Personal information
- Full name: Adam John Shantry
- Born: 13 November 1982 (age 43) Bristol, England
- Nickname: Shants
- Height: 190 cm (6 ft 3 in)
- Batting: Left-handed
- Bowling: Left-arm medium-fast
- Role: Bowler
- Relations: Brian Shantry (father); Jack Shantry (brother);

Domestic team information
- 2002–2004: Northamptonshire
- 2005–2007: Warwickshire
- 2008–2011: Glamorgan (squad no. 5)
- FC debut: 9 May 2003 Northants v Cambridge University
- LA debut: 29 August 2002 Northamptonshire Cricket Board v Yorkshire Cricket Board

Career statistics
| Competition | FC | LA | T20 |
| Matches | 25 | 11 | 1 |
| Runs scored | 345 | 48 | – |
| Batting average | 16.42 | 16.00 | – |
| 100s/50s | 1/0 | 0/0 | – |
| Top score | 100 | 19* | – |
| Balls bowled | 3,378 | 360 | 12 |
| Wickets | 78 | 12 | 0 |
| Bowling average | 22.11 | 24.66 | – |
| 5 wickets in innings | 4 | 1 | – |
| 10 wickets in match | 1 | 0 | – |
| Best bowling | 5/49 | 5/37 | – |
| Catches/stumpings | 6/– | 6/– | 0/– |
- Source: , 9 August 2009

= Adam Shantry =

English cricketer

Adam John Shantry (born 13 November 1982) is an English cricketer. He is a left-handed batsman and a left-arm medium-fast bowler.

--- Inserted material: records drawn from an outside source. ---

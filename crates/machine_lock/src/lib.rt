//! A turnstile: workers make one log, one turn at a time.
#![tactic(auto)]

mod chronicle;
mod history;
mod lock;
mod pass;
mod plays;
mod turnstile;

pub use chronicle::{Chronicle, Meaning};
pub use history::{Origin, Stage, View};
pub use lock::Turnstile;
pub use pass::Pass;
pub use turnstile::Turn;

Shantry played for Shropshire as a youngster, joining Northamptonshire in 2003 and then moving to Warwickshire two years later. In 2007 he played two first-class matches for Warwickshire taking four wickets but he was released at the end of the season. He subsequently signed a two-year deal with Glamorgan. and scored his first ever 100 against Leicestershire on 6 August 2009 he also has a SC. He announced his retirement in August 2011, having failed to recover from a persistent knee injury. In all he claimed 90 wickets in 32 first-class games at an average 24.60.

Born in Bristol, Shantry's father, Brian also played county cricket, for Gloucestershire.

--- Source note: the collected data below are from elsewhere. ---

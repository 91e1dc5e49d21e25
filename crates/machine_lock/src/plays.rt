//! The atomic steps of the turnstile, by what each tells the pass that makes it.
ghost use Rattle.machine_lock.specs.Steps.{Draws, Looks, Gives, Learns};
ghost use Rattle.machine_lock.specs.Views.{left_of, right_of, both_of, spent_view};
ghost use Rattle.std.specs.Prelude.{ℕ};

use crate::chronicle::Meaning;
use crate::history::View;
use atomic_table::{Join, Play, Split};
use std::marker::{Brand, PhantomData};

/// A ticket is drawn.
pub(crate) struct Draw;

impl<M: Meaning> Play<Option<M>, View<M>> for Draw {
    ghost then = { Draws M.setting M.log M.next };
}

/// The number that is served is read; where it is the pass's own, it takes the machine.
pub(crate) struct Look;

impl<M: Meaning> Play<Option<M>, View<M>> for Look {
    ghost then = { Looks M.setting M.log M.next };
}

/// The machine goes home, and the next ticket is served.
pub(crate) struct Give;

impl<M: Meaning> Play<Option<M>, View<M>> for Give {
    ghost then = { Gives M.setting M.log M.next };
}

/// A pass that took in another learns which of them had seen more.
pub(crate) struct Learn;

impl<M: Meaning> Play<Option<M>, View<M>> for Learn {
    ghost then = { Learns M.setting M.log M.next };
}

/// How many parts a call cuts off, which the call picks.
pub(crate) trait Count {
    ghost parts: { ℕ };
}

impl Count for Brand {
    ghost parts = { 1 };
}

/// Parts are cut off.
pub(crate) struct Cut<K> {
    count: PhantomData<K>,
}

impl<M: Meaning, K: Count> Split<View<M>> for Cut<K> {
    ghost left = { left_of K.parts };

    ghost right = { right_of K.parts };
}

/// A pass takes in another.
pub(crate) struct Glue;

impl<M: Meaning> Join<View<M>> for Glue {
    ghost both = { both_of };

    ghost spent = { spent_view };
}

Shantry is a devoted Bristol City fan and follows them around the country in the cricket off-season. Adam and his family live in Shrewsbury. In January 2017 he was promoted to the role of Cricket Professional at Shrewsbury School. His wife is a Maths teacher at the same school.

In September 2013, Shantry was part of a group who swam the English Channel in memory of former teammate Tom Maynard, who died in 2012. He hoped to raise £10,000 for the Tom Maynard Trust.